Architectural moves to lift hit-rate
- Co-locate calls in time. Burst-then-quiet patterns kill hit-rate. Steady-state traffic is cheap.
- Pin one user-session to one worker when sticky-session is acceptable.
- Pre-warm caches for predictable burst traffic (market open, daily-batch start).
- Refuse to put random IDs in the cached zone. Even one varying byte breaks the cache.
Eval implications (the bit most teams miss)
Caching can mask regressions if you don't design for it. Two specific traps:
Trap 1 — Cache pollution across model versions
You cached against claude-sonnet-4-6 last week. You're testing claude-sonnet-4-7-preview this week. Cache misses → cost spikes → you blame the new model when it's actually fine.
Mitigation: evals run against a cleared cache state (deterministic), not the production cache state.
Trap 2 — Eval scores skew with cache hot/cold
The first call in an eval batch is cold; the next 99 are hot. Latency numbers from a cached run won't match production. Mitigation: report eval latency at both states (cold p99, hot p99).
→ See Module 06 Note 04 — Online Monitoring & Regression Gates.

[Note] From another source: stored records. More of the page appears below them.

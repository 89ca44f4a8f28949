//! The planners: an operator names a goal, and gets the plan of moves that reaches it, which is legal.
#![tactic(auto)]

mod blank_plan;
mod draining;
mod exchange;
mod giving;
mod grouping;
mod held;
mod laws;
mod moved_range;
mod planner_fault;
mod rebalancing;
mod resharding;
mod resuming;
mod shares;
mod slot_list;
mod starts;
mod transfer;

pub use draining::drain;
pub use laws::{
    planned_drains_are_legal, planned_rebalances_are_legal, planned_reshards_are_legal,
};
pub use planner_fault::PlannerFault;
pub use rebalancing::rebalance;
pub use resharding::reshard;
pub use resuming::resume;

BFSI customer caching pattern (preview)
For the running BFSI customer's six use cases:
| Use case | Cached zone | Why |
|---|---|---|
| Support agent assist | Persona + policy bundle + escalation rules | ~30K tokens, stable per shift |
| Internal SOP search | Tool defs + retrieval rerank prompt | Stable across all queries |
| RM copilot | Persona + customer-360 schema + tool defs | Stable per RM |
| Compliance review | Reg-framework reference + drafting style guide | Stable per regulator |
| Dev productivity | (handled by Claude Code defaults) | — |
| Exec analytics | Schema + safety guardrails | Stable per dashboard |
The interview-room answer (60 sec)
"Caching is architecture, not a tip. Three decisions: where to place breakpoints — stable content first, volatile last, tool definitions inside the cached zone; what hit-rate you design for — that sets your cost model; and how cache state interacts with eval regression gates — evals run cleared-cache, latency reported at both cold and hot. For BFSI support agent assist with a 30K-token policy bundle and steady-state traffic, hit-rate of ~90% drops effective input cost roughly 5–8× vs naive uncached. The trap most teams miss is cache pollution across model versions — that's why evals must run with a deterministic cache state, not the prod state."
Cross-references
- Predecessor: Note 01 — Claude API Surface.
- Sibling: Note 02 — Model Selection Matrix — caching shifts the matrix.
- CodeLab: 04 — Prompt Caching.
- Drill: 02 — Whiteboard Prompt Cache ROI.
- Module 10: Cost Architecture.
Strong-Hire bar for this file
- Breakpoint placement rules reflex.
- Cost-model formula at fingertips.
- Eval implications (cache pollution + cold/hot reporting) called out without prompting.
- BFSI per-use-case caching plan defended cold.